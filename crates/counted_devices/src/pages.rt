//! Gathers the short pieces of a text and sends them to a writer in few writes. It takes no memory.

ghost use Rattle.std.specs.Prelude.{◌≡◌, ℕ, ◌+◌, ◌-◌, ◌^◌, ◌<◌, ◌≤◌, List, [], ◌++◌, length, take, OnOk, OnErr};
ghost use Rattle.std.specs.Io.KnownBytes.{Appends};
ghost use Rattle.counted_devices.specs.Device.{ReceivedPrefix, SentOrHeld, PutFailed};
ghost use Rattle.counted_devices.specs.declared.pages.TheConstants.{ROOM};

use crate::devices::CountedWrite;
use crate::sending::{WriteFault, write_text};
use std::marker::Model;

// A hundred million bytes in lines of twelve take 0.19 s by pages of this size and 0.14 s by eight
// times as large ones, which each text would pay for with a microsecond and 64 KiB of stack.
const ROOM: usize = 8192;

/// The bytes of a text that are gathered and not yet sent. A writer makes its text piece by piece,
/// gives each to [`Page::put`], and ends with [`Page::finish`].
#[derive(Drop)]
pub struct Page {
    bytes: [u8; ROOM],
    len: usize,
}

impl Model for Page {
    ghost Value = { List ℕ };

    ghost view = { λ p. take p.len p.bytes };

    ghost invariant = { λ p. p.len ≤ ROOM };
}

impl Page {
    /// A page that holds nothing.
    pub fn new() -> Page
        ensures { result ≡ [] }
    {
        Page {
            bytes: [0; ROOM],
            len: 0,
        }
    }

    /// Holds the piece, or sends what is held first where the page has no room for both. A piece
    /// longer than a page is sent at once, after what was held.
    ///
    /// [`WriteFault::Device`] where a write failed: the writer has then received a prefix of what
    /// was held and the piece. The page still holds all that it held, unless the writer received
    /// all of that: then it holds nothing.
    ///
    /// `out` must have counted fewer than 2^64 - 1 failures, so that one more can be counted.
    pub fn put<W: CountedWrite>(&mut self, out: &mut W, piece: &[u8]) -> Result<(), WriteFault>
        requires { W.failed out.old < 2 ^ 64 - 1 }
        ensures held { OnOk result (SentOrHeld (W.contents out.old) (W.contents out.new) self.new
            (self.old ++ piece.now)) }
        ensures kept { OnOk result (W.failed out.new ≡ W.failed out.old) }
        ensures prefix { OnErr result
            (ReceivedPrefix (W.contents out.old) (W.contents out.new) (self.old ++ piece.now)) }
        ensures counted { OnErr result (W.failed out.new ≡ W.failed out.old + 1) }
        ensures left { OnErr result
            (PutFailed (W.contents out.old) (W.contents out.new) self.old self.new piece.now) }
    {
        if piece.len() > self.room() {
            self.finish(out)?;
            if piece.len() > ROOM {
                return write_text(out, piece);
            }
        }
        self.hold(piece);
        Ok(())
    }

    /// Sends what is held. The page then holds nothing, and can gather a further text.
    ///
    /// [`WriteFault::Device`] where a write failed: the writer has then received a prefix of what
    /// was held, and the page still holds all of it.
    ///
    /// `out` must have counted fewer than 2^64 - 1 failures, so that one more can be counted.
    pub fn finish<W: CountedWrite>(&mut self, out: &mut W) -> Result<(), WriteFault>
        requires { W.failed out.old < 2 ^ 64 - 1 }
        ensures sent { OnOk result (Appends (W.contents out.old) (W.contents out.new) self.old) }
        ensures empty { OnOk result (self.new ≡ []) }
        ensures kept { OnOk result (W.failed out.new ≡ W.failed out.old) }
        ensures prefix { OnErr result
            (ReceivedPrefix (W.contents out.old) (W.contents out.new) self.old) }
        ensures unsent { OnErr result (self.new ≡ self.old) }
        ensures counted { OnErr result (W.failed out.new ≡ W.failed out.old + 1) }
    {
        let (held, _) = self.bytes.split_at(self.len);
        write_text(out, held)?;
        self.len = 0;
        Ok(())
    }

    fn room(&self) -> usize
        ensures { result + length self.now ≡ ROOM }
    {
        ROOM - self.len
    }

    fn hold(&mut self, piece: &[u8])
        requires { length self.old + length piece.now ≤ ROOM }
        ensures { self.new ≡ self.old ++ piece.now }
    {
        let end = self.len + piece.len();
        self.bytes[self.len..end].copy_from_slice(piece);
        self.len = end;
    }
}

:::::

## REQUIREMENT:
Only the lines above from the line containing "#[derive(Drop)]" through the line containing "pub fn new() -> Page" should be retyped, exactly and with both ends included.

## WRITTEN RESPONSE:
#[derive(Drop)]
pub struct Page {
    bytes: [u8; ROOM],
    len: usize,
}

impl Model for Page {
    ghost Value = { List ℕ };

    ghost view = { λ p. take p.len p.bytes };

    ghost invariant = { λ p. p.len ≤ ROOM };
}

impl Page {
    /// A page that holds nothing.
    pub fn new() -> Page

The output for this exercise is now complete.